E da qui parte una proposta che va su quel quotidiano. “Se mi si domanda che cosa deve fare un circolo, rispondo che ogni circolo dovrebbe adottare un supermercato. Mi spiego. Una cosa che fa schifo in questo Paese è che i metalmeccanici o i tessili sono dentro al mercato mondiale. Invece i muratori e i commercianti no e non si capisce perché ci debba essere qualche milionata di giovani, soprattutto ragazze, che lavorano a condizioni bestiali dentro i supermercati, con stipendi da fame e con orari folli”.
Lo sciopero del consumo? Un’arma per tentare una riforma del lavoro. “Ecco”, prosegue Ferrero, “se facessi il segretario di circolo, adotterei il supermercato, andrei a parlare con le cassiere chiedendo loro quanto prendono e quanto lavorano.

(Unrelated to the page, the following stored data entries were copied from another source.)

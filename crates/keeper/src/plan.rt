// Which calls of a keeper in memory fail, and when.
ghost use Rattle.std.specs.Prelude.{◌≡◌, [], ◌∷◌, ◌++◌, length, OnOk, OnErr, slice_get};
ghost use Rattle.std.specs.Option.{option_copied};
ghost use Rattle.eac_base.specs.Planned.{next_count};
ghost use Rattle.keeper.specs.Keeping.{FaultRose};
ghost use Rattle.keeper.specs.Planned.{moment_at, next_moment, faults_after};

use crate::KeepRefusal;
use eac_base::NoMemory;
use std::alloc::Global;
use std::marker::Model;

/// Whether a call fails before its change or after it.
#[derive(Clone, Copy, Debug, PartialEq, Eq)]
pub enum Moment {
    /// The rows stay as they were.
    Before,
    /// The rows are as the call leaves them.
    After,
}

/// The numbers of the calls that fail, counted from 1 over all calls of a keeper, each with its moment. Of two pairs
/// with one number the first counts.
#[derive(Debug, Drop)]
pub struct KeeperPlan {
    calls: Vec<(u64, Moment)>,
}

impl Model for KeeperPlan {
    ghost use Rattle.std.specs.Prelude.{ℕ, List};
    ghost use Rattle.keeper.specs.declared.plan.Moment.{Moment};

    ghost Value = { List (ℕ × Moment) };

    ghost view = { λ p. p.calls.items };
}

impl KeeperPlan {
    /// No call fails.
    pub fn new(alloc: Global) -> KeeperPlan
        ensures { result ≡ [] }
    {
        KeeperPlan {
            calls: Vec::new(alloc),
        }
    }

    /// Adds a call that fails, or nothing where memory is wanting.
    pub fn push(&mut self, item: (u64, Moment)) -> Result<(), NoMemory>
        ensures pushed { OnOk result (self.new ≡ self.old ++ item ∷ []) }
        ensures kept { OnErr result (self.new ≡ self.old) }
    {
        self.calls.push(item)?;
        Ok(())
    }

    /// The number of pairs.
    pub fn len(&self) -> usize
        ensures { result ≡ length self.now }
    {
        self.calls.len()
    }

    /// The pair at a place from 0, and none from the length on.
    pub fn get(&self, at: usize) -> Option<&(u64, Moment)>
        ensures { option_copied result ≡ slice_get self.now at }
    {
        self.calls.get(at)
    }

    /// When the call of this number fails, where it does.
    pub fn moment_at(&self, call: u64) -> Option<Moment>
        ensures { result ≡ moment_at self.now call }
    {
        match self.calls.iter().find(|pair| pair.0 == call) {
            Some(pair) => Some(pair.1),
            None => None,
        }
    }
}

/// Counts a call, and gives when it fails, where it does. The count stays at its last value.
pub(crate) fn begin(plan: &KeeperPlan, calls: &mut u64) -> Option<Moment>
    ensures planned { result ≡ next_moment plan.now calls.old }
    ensures calls { calls.new ≡ next_count calls.old }
{
    match calls.checked_add(1) {
        Some(call) => {
            *calls = call;
            plan.moment_at(call)
        }
        None => None,
    }
}

/// Counts a fault exactly where the answer is `Failed`. The count stays at its last value.
pub(crate) fn count_fault<T>(faults: &mut u64, answer: &Result<T, KeepRefusal>)
    ensures exact { faults.new ≡ faults_after answer.now faults.old }
    ensures cause { FaultRose faults.old faults.new answer.now }
{
    if matches!(answer, Err(KeepRefusal::Failed)) {
        *faults = faults.saturating_add(1);
    }
}
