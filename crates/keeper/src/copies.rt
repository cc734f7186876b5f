// Rows again, in memory of their own.
ghost use Rattle.std.specs.Prelude.{◌≡◌, IfOk};

use crate::{CaPart, IssuedPart, OwnPart, Part, Row, Settled};
use eac_base::{NoMemory, Octets};
use signature_provider::Key;
use std::alloc::Global;

fn copy_octets(alloc: Global, bytes: &Octets) -> Result<Octets, NoMemory>
    ensures { IfOk result (λ copy. copy ≡ bytes.now) }
{
    Octets::from_slice(alloc, bytes.as_slice())
}

/// The same key again, in memory of its own.
pub fn copy_key(alloc: Global, key: &Key) -> Result<Key, NoMemory>
    ensures { IfOk result (λ copy. copy ≡ key.now) }
{
    Ok(Key {
        algorithm: key.algorithm,
        domain: copy_octets(alloc, &key.domain)?,
        point: copy_octets(alloc, &key.point)?,
        cofactor: copy_octets(alloc, &key.cofactor)?,
    })
}

fn copy_settled(alloc: Global, settled: &Option<Settled>) -> Result<Option<Settled>, NoMemory>
    ensures { IfOk result (λ copy. copy ≡ settled.now) }
{
    match settled {
        Some(settled) => Ok(Some(settled.copy(alloc)?)),
        None => Ok(None),
    }
}

impl Settled {
    /// The same again, in memory of its own.
    pub fn copy(&self, alloc: Global) -> Result<Settled, NoMemory>
        ensures { IfOk result (λ copy. copy ≡ self.now) }
    {
        Ok(Settled {
            certificate: copy_octets(alloc, &self.certificate)?,
            issuer: self.issuer,
            template: self.template,
            from: self.from,
            until: self.until,
        })
    }
}

impl IssuedPart {
    /// The same again, in memory of its own.
    pub fn copy(&self, alloc: Global) -> Result<IssuedPart, NoMemory>
        ensures { IfOk result (λ copy. copy ≡ self.now) }
    {
        Ok(IssuedPart {
            request: copy_octets(alloc, &self.request)?,
            key: copy_key(alloc, &self.key)?,
            settled: self.settled.copy(alloc)?,
        })
    }
}

impl OwnPart {
    /// The same again, in memory of its own.
    pub fn copy(&self, alloc: Global) -> Result<OwnPart, NoMemory>
        ensures { IfOk result (λ copy. copy ≡ self.now) }
    {
        Ok(OwnPart {
            authority: self.authority,
            request: copy_octets(alloc, &self.request)?,
            key: copy_key(alloc, &self.key)?,
            settled: copy_settled(alloc, &self.settled)?,
        })
    }
}

impl CaPart {
    /// The same again, in memory of its own.
    pub fn copy(&self, alloc: Global) -> Result<CaPart, NoMemory>
        ensures { IfOk result (λ copy. copy ≡ self.now) }
    {
        Ok(CaPart {
            key: copy_key(alloc, &self.key)?,
            settled: self.settled.copy(alloc)?,
        })
    }
}

impl Part {
    /// The same again, in memory of its own.
    pub fn copy(&self, alloc: Global) -> Result<Part, NoMemory>
        ensures { IfOk result (λ copy. copy ≡ self.now) }
    {
        match self {
            Part::Register { request, day } => Ok(Part::Register {
                request: copy_octets(alloc, request)?,
                day: *day,
            }),
            Part::Issued(part) => Ok(Part::Issued(part.copy(alloc)?)),
            Part::Own(part) => Ok(Part::Own(part.copy(alloc)?)),
            Part::Ca(part) => Ok(Part::Ca(part.copy(alloc)?)),
        }
    }
}

impl Row {
    /// The same again, in memory of its own.
    pub fn copy(&self, alloc: Global) -> Result<Row, NoMemory>
        ensures { IfOk result (λ copy. copy ≡ self.now) }
    {
        Ok(Row {
            desk: self.desk,
            reference: self.reference,
            part: self.part.copy(alloc)?,
        })
    }
}
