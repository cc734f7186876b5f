// What changes a list of rows and its index.
ghost use Rattle.std.specs.Prelude.{◌≡◌, ◌≢◌, ◌⊎◌, ◌∷◌, ◌++◌, [], Some, None, Err, OnOk, OnErr};
ghost use Rattle.std.specs.List.{All};
ghost use Rattle.keeper.specs.declared.keeping.KeepRefusal.TheVariants.{Failed, Twice, NoMemory as RefusedNoMemory};
ghost use Rattle.keeper.specs.declared.plan.Moment.TheVariants.{After as AfterChange};
ghost use Rattle.keeper.specs.Rows.{kept_row, settled_rows, UniqueKeys, IsStorable, IsStorableSettled};
ghost use Rattle.keeper.specs.Keeping.{Adds, AddAsked, Settles, SettleAsked};
ghost use Rattle.keeper.specs.Planned.{AddsAt, SettlesAt};
ghost use Rattle.keeper.specs.Index.{IsIndex};
ghost use Rattle.keeper.specs.Steps.{Addable, Waits, failed_after};

use crate::index::Index;
use crate::reading::{count_of, row_at};
use crate::{KeepRefusal, MOST_ROWS, Row, Settled, Table};
use eac_base::NoMemory;
use holder_reference::Reference;
use std::alloc::Global;

// The refusal with a row that is there.
fn twice(alloc: Global, kept: &Row) -> KeepRefusal
    ensures { (result ≡ Twice kept.now) ⊎ (result ≡ RefusedNoMemory) }
{
    match kept.copy(alloc) {
        Ok(kept) => KeepRefusal::Twice(kept),
        Err(_) => KeepRefusal::NoMemory,
    }
}

// The answer of a call that fails after its change, or wants memory for it.
fn fail_after(done: Result<(), KeepRefusal>) -> Result<(), KeepRefusal>
    ensures { result ≡ failed_after done }
{
    match done {
        Err(KeepRefusal::NoMemory) => Err(KeepRefusal::NoMemory),
        other => {
            drop(other);
            Err(KeepRefusal::Failed)
        }
    }
}

// Why a row can't be added, where it can't.
fn addable(alloc: Global, rows: &[Row], index: &Index, row: &Row) -> Result<(), KeepRefusal>
    requires rows { All IsStorable rows.now }
    requires index { IsIndex index.now rows.now }
    ensures told { Addable rows.now row.now result }
    ensures asked { AddAsked row.now result }
    ensures own { result ≢ Err Failed }
{
    let table = row.part.table();
    if let Some(kept) = row_at(rows, index, table, row.desk, &row.reference) {
        return Err(twice(alloc, kept));
    }
    if MOST_ROWS <= count_of(rows, index, table, row.desk) as u64 {
        return Err(KeepRefusal::Full);
    }
    Ok(())
}

// Appends a row that may be added.
fn push(alloc: Global, rows: &mut Vec<Row>, index: &mut Index, row: &Row) -> Result<(), NoMemory>
    requires index { IsIndex index.old rows.old.items }
    requires new { kept_row row.now rows.old.items ≡ None }
    ensures pushed { OnOk result (rows.new.items ≡ rows.old.items ++ row.now ∷ []) }
    ensures kept { OnErr result (rows.new.items ≡ rows.old.items) }
    ensures index { IsIndex index.new rows.new.items }
{
    let copy = row.copy(alloc)?;
    rows.reserve(1)?;
    index.file(row, rows.len())?;
    if rows.push(copy).is_err() {
        unreachable!()
    }
    Ok(())
}

fn try_append(
    alloc: Global,
    rows: &mut Vec<Row>,
    index: &mut Index,
    row: &Row,
) -> Result<(), KeepRefusal>
    requires rows { All IsStorable rows.old.items }
    requires index { IsIndex index.old rows.old.items }
    ensures told { Adds rows.old.items rows.new.items row.now result }
    ensures asked { AddAsked row.now result }
    ensures own { result ≢ Err Failed }
    ensures index { IsIndex index.new rows.new.items }
{
    addable(alloc, rows, index, row)?;
    push(alloc, rows, index, row)?;
    Ok(())
}

// The same, and what it keeps of the rows.
pub(crate) fn append(
    alloc: Global,
    rows: &mut Vec<Row>,
    index: &mut Index,
    row: &Row,
) -> Result<(), KeepRefusal>
    requires rows { All IsStorable rows.old.items }
    requires index { IsIndex index.old rows.old.items }
    requires row { IsStorable row.now }
    ensures told { Adds rows.old.items rows.new.items row.now result }
    ensures asked { AddAsked row.now result }
    ensures own { result ≢ Err Failed }
    ensures unique { UniqueKeys rows.old.items → UniqueKeys rows.new.items }
    ensures storable { All IsStorable rows.new.items }
    ensures index { IsIndex index.new rows.new.items }
{
    try_append(alloc, rows, index, row)
}

// The same, but that it fails after its change.
pub(crate) fn append_and_fail(
    alloc: Global,
    rows: &mut Vec<Row>,
    index: &mut Index,
    row: &Row,
) -> Result<(), KeepRefusal>
    requires rows { All IsStorable rows.old.items }
    requires index { IsIndex index.old rows.old.items }
    requires row { IsStorable row.now }
    ensures told { Adds rows.old.items rows.new.items row.now result }
    ensures asked { AddAsked row.now result }
    ensures planned { AddsAt (Some AfterChange) rows.old.items rows.new.items row.now result }
    ensures unique { UniqueKeys rows.old.items → UniqueKeys rows.new.items }
    ensures storable { All IsStorable rows.new.items }
    ensures index { IsIndex index.new rows.new.items }
{
    fail_after(append(alloc, rows, index, row))
}

// Whether the own row of a key waits for its certificate.
fn waits(
    alloc: Global,
    rows: &[Row],
    index: &Index,
    desk: u32,
    reference: &Reference,
) -> Result<(), KeepRefusal>
    requires rows { All IsStorable rows.now }
    requires index { IsIndex index.now rows.now }
    ensures told { Waits rows.now desk reference.now result }
    ensures asked { SettleAsked desk reference.now result }
{
    match row_at(rows, index, Table::Own, desk, reference) {
        Some(row) => {
            if row.part.is_settled() {
                Err(twice(alloc, row))
            } else {
                Ok(())
            }
        }
        None => Err(KeepRefusal::Absent),
    }
}

// Gives the own row of a key its certificate, where it is there.
fn settle_own(rows: &mut [Row], index: &Index, desk: u32, reference: &Reference, settled: Settled)
    requires unique { UniqueKeys rows.old }
    requires index { IsIndex index.now rows.old }
    ensures { rows.new ≡ settled_rows desk reference.now settled rows.old }
{
    if let Some(at) = index.place(Table::Own, desk, reference) {
        rows[at].settle(settled);
    }
}

// Settles a row that waits.
fn try_settle(
    alloc: Global,
    rows: &mut [Row],
    index: &Index,
    desk: u32,
    reference: &Reference,
    settled: &Settled,
) -> Result<(), KeepRefusal>
    requires rows { All IsStorable rows.old }
    requires unique { UniqueKeys rows.old }
    requires index { IsIndex index.now rows.old }
    ensures told { Settles rows.old rows.new desk reference.now settled.now result }
    ensures asked { SettleAsked desk reference.now result }
    ensures own { result ≢ Err Failed }
{
    waits(alloc, rows, index, desk, reference)?;
    let settled = settled.copy(alloc)?;
    settle_own(rows, index, desk, reference, settled);
    Ok(())
}

// The same, and what it keeps of the rows.
pub(crate) fn settle(
    alloc: Global,
    rows: &mut [Row],
    index: &Index,
    desk: u32,
    reference: &Reference,
    settled: &Settled,
) -> Result<(), KeepRefusal>
    requires rows { All IsStorable rows.old }
    requires settled { IsStorableSettled settled.now }
    requires unique { UniqueKeys rows.old }
    requires index { IsIndex index.now rows.old }
    ensures told { Settles rows.old rows.new desk reference.now settled.now result }
    ensures asked { SettleAsked desk reference.now result }
    ensures own { result ≢ Err Failed }
    ensures unique { UniqueKeys rows.new }
    ensures storable { All IsStorable rows.new }
    ensures index { IsIndex index.now rows.new }
{
    try_settle(alloc, rows, index, desk, reference, settled)
}

// The same, but that it fails after its change.
pub(crate) fn settle_and_fail(
    alloc: Global,
    rows: &mut [Row],
    index: &Index,
    desk: u32,
    reference: &Reference,
    settled: &Settled,
) -> Result<(), KeepRefusal>
    requires rows { All IsStorable rows.old }
    requires settled { IsStorableSettled settled.now }
    requires unique { UniqueKeys rows.old }
    requires index { IsIndex index.now rows.old }
    ensures told { Settles rows.old rows.new desk reference.now settled.now result }
    ensures asked { SettleAsked desk reference.now result }
    ensures planned { SettlesAt (Some AfterChange) rows.old rows.new desk reference.now settled.now result }
    ensures unique { UniqueKeys rows.new }
    ensures storable { All IsStorable rows.new }
    ensures index { IsIndex index.now rows.new }
{
    fail_after(settle(alloc, rows, index, desk, reference, settled))
}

Poi inizierei a distribuire volantini in cui spiego cosa si può fare. Infine, se ne avessi la possibilità, organizzerei lo sciopero del consumo in quel supermercato fino a quando non cambiano le condizioni. Finito nel primo, passerei al successivo e avanti così. Credo che se lo facessimo in tutta Italia, con i 1000 circoli che abbiamo, riusciremmo a cambiare più di un contratto nazionale sul commercio”.